Chapter 9. Coevolution, polygenic traits, and spatial patterns of phenotypic variation
Biological Motivation
In the previous chapter, we explored how coevolution proceeds in spatially structured
environments where gene flow connects isolated populations inhabiting potentially heterogeneous
environments. Our primary focus was to understand how gene flow and coevolution interact to shape
patterns of genetic polymorphism and genetic differentiation among and within populations when the
outcome of interactions depends on a single genetic locus in each species. Although these results
informed our understanding of a wide range of naturally occurring species interactions, such as those
between M truncatula and S. meliloti, where a small number of genes are thought to be involved, they
cannot effectively address the broad swath of species interactions that are mediated by quantitative
traits.
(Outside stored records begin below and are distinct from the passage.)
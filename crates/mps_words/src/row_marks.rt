// Marks of rows.
ghost use Rattle.std.specs.Prelude.{◌≡◌, ◌<◌, false, true, length, replicate, get_or, slice_set, IfOk};

use std::alloc::{AllocError, Global};
use std::marker::Model;
use text_base::Marks;

/// A mark for each row below a length. Whether a row behind all that are marked has one is known
/// without a look at the marks.
#[derive(Drop)]
pub struct RowMarks {
    marks: Marks,
    // no row from this one on is marked
    end: usize,
}

impl Model for RowMarks {
    ghost use Rattle.std.specs.Prelude.{List, Bool};
    ghost use Rattle.mps_words.specs.InsideMarks.{NoneFrom};

    ghost Value = { List Bool };

    ghost view = { λ m. m.marks };

    ghost invariant = { λ m. NoneFrom m.end m.marks };
}

impl RowMarks {
    /// No mark, for each row below this length.
    pub fn new(alloc: Global, len: usize) -> Result<RowMarks, AllocError>
        ensures { IfOk result (λ m. m ≡ replicate len false) }
    {
        let marks = Marks::new(alloc, len)?;
        Ok(RowMarks { marks, end: 0 })
    }

    /// Whether a row is marked.
    #[inline(always)]
    pub fn is_marked(&self, row: u32) -> bool
        requires { row < length self.now }
        ensures { result ≡ get_or self.now row false }
    {
        (row as usize) < self.end && self.marks.is_marked(row)
    }

    /// Marks a row.
    #[inline(always)]
    pub fn mark(&mut self, row: u32)
        requires { row < length self.old }
        ensures { self.new ≡ slice_set self.old row true }
    {
        self.marks.mark(row);
        self.end = self.end.max(row as usize + 1);
    }

    /// Takes all marks away.
    pub fn clear(&mut self)
        ensures { self.new ≡ replicate (length self.old) false }
    {
        self.marks.clear();
        self.end = 0;
    }
}
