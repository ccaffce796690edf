// Short names of one prefix and numbers one after the other, which are found by their numbers.
ghost use Rattle.std.specs.Prelude.{◌≡◌, ◌+◌, ◌<◌, ◌≤◌, ◌++◌, ◌∷◌, ◌==◌, ◌^◌, [], List, ℕ, IfSome, true, get_or, length};
ghost use Rattle.mps_words.specs.InsideRuns.{IsRun, numbered};

use crate::codes::{ONES, end_of};

// A run of fewer names gives way to a name that may begin another one.
const LONG_RUN: usize = 16;

/// Names whose places and numbers follow one another behind one prefix.
#[derive(Clone, Copy)]
pub struct Run {
    // the code of the prefix
    prefix: u128,
    // the number of the first name
    first: usize,
    // the place of the first name
    start: usize,
    // how many names there are
    count: usize,
}

// What stands before the digits at the end of a code; any is right.
#[inline]
fn prefix_of(code: u128) -> u128 {
    let end = end_of(code);
    let others = (end >> 6 | !(end >> 4)) & ONES;
    code >> (others.trailing_zeros() % 64)
}

// Whether a code is that of a prefix and the digits of a number.
#[inline]
fn is_numbered(code: u128, prefix: u128, number: usize) -> bool
    ensures { result ≡ (code == numbered prefix number) }
{
    let mut front = code;
    let mut left = number as u64;
    'digits: while left > 9 {
        if front % 256 != (48 + left % 10) as u128 {
            return false;
        }
        front /= 256;
        left /= 10;
    }
    front % 256 == (48 + left) as u128 && front / 256 == prefix
}

impl Run {
    /// No names.
    pub(crate) fn none() -> Run
        ensures { IsRun result [] }
    {
        Run {
            prefix: 1,
            first: 0,
            start: 0,
            count: 0,
        }
    }

    /// The place of a code, where that is one of the run.
    #[inline(always)]
    pub(crate) fn find(self, code: u128, number: usize) -> Option<usize>
        requires { self.start + self.count < 2 ^ 64 }
        ensures within { (codes : List ℕ) → IsRun self codes
            → IfSome result (λ p. p < length codes) }
        ensures code { (codes : List ℕ) → IsRun self codes
            → IfSome result (λ p. get_or codes p 0 ≡ code) }
    {
        let Some(before) = number.checked_sub(self.first) else {
            return None;
        };
        if before >= self.count || !is_numbered(code, self.prefix, number) {
            return None;
        }
        Some(self.start + before)
    }

    // Whether a name that comes at a place goes on with the run.
    #[inline]
    fn is_next(self, code: u128, number: usize, place: usize) -> bool
        requires { self.start + self.count ≤ place }
        ensures place { result ≡ true → place ≡ self.start + self.count }
        ensures name { result ≡ true → code ≡ numbered self.prefix (self.first + self.count) }
    {
        if place != self.start + self.count {
            return false;
        }
        match number.checked_sub(self.first) {
            Some(before) => before == self.count && is_numbered(code, self.prefix, number),
            None => false,
        }
    }

    /// The run behind one more name, which comes at a place behind it.
    pub(crate) fn with_name(self, code: u128, number: usize, place: usize) -> Run
        requires { self.start + self.count ≤ place }
        ensures { (codes : List ℕ) → length codes ≡ place → IsRun self codes
            → IsRun result (codes ++ code ∷ []) }
    {
        if self.is_next(code, number, place) {
            return Run {
                count: self.count.saturating_add(1),
                ..self
            };
        }
        let prefix = prefix_of(code);
        if self.count < LONG_RUN && is_numbered(code, prefix, number) {
            return Run {
                prefix,
                first: number,
                start: place,
                count: 1,
            };
        }
        self
    }
}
For instance, the well-studied interactions between wild parsnip XX and parsnip webworm XX are
mediated by concentrations of toxic furanocoumarins in the plant and levels of detoxifying enzyme
activity in the insect (REFS). Other well-studied interactions that appear to be mediated by quantitative
traits include those between the garter snake predator, Thamnophis sirtalis, and its toxic prey, T.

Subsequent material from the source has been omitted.